Stored data
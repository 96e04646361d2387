//! Reads a job script.
#![tactic(auto)]

mod choices;
mod content;
mod draft;
mod fields;
mod instruction;
mod laws;
mod played;
mod program;
mod ranges;
mod ranks;
mod script;
mod totals;

pub use laws::read_jobs;
pub use rdm_json::{BadScript, FieldName, Place, Reason, ScriptRefused};
pub use script::job_of;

[Assigned task]: Write out, word for word, the line containing "a job script." and every line after it to the end of the data above.

[Result]:
//! Reads a job script.
#![tactic(auto)]

mod choices;
mod content;
mod draft;
mod fields;
mod instruction;
mod laws;
mod played;
mod program;
mod ranges;
mod ranks;
mod script;
mod totals;

pub use laws::read_jobs;
pub use rdm_json::{BadScript, FieldName, Place, Reason, ScriptRefused};
pub use script::job_of;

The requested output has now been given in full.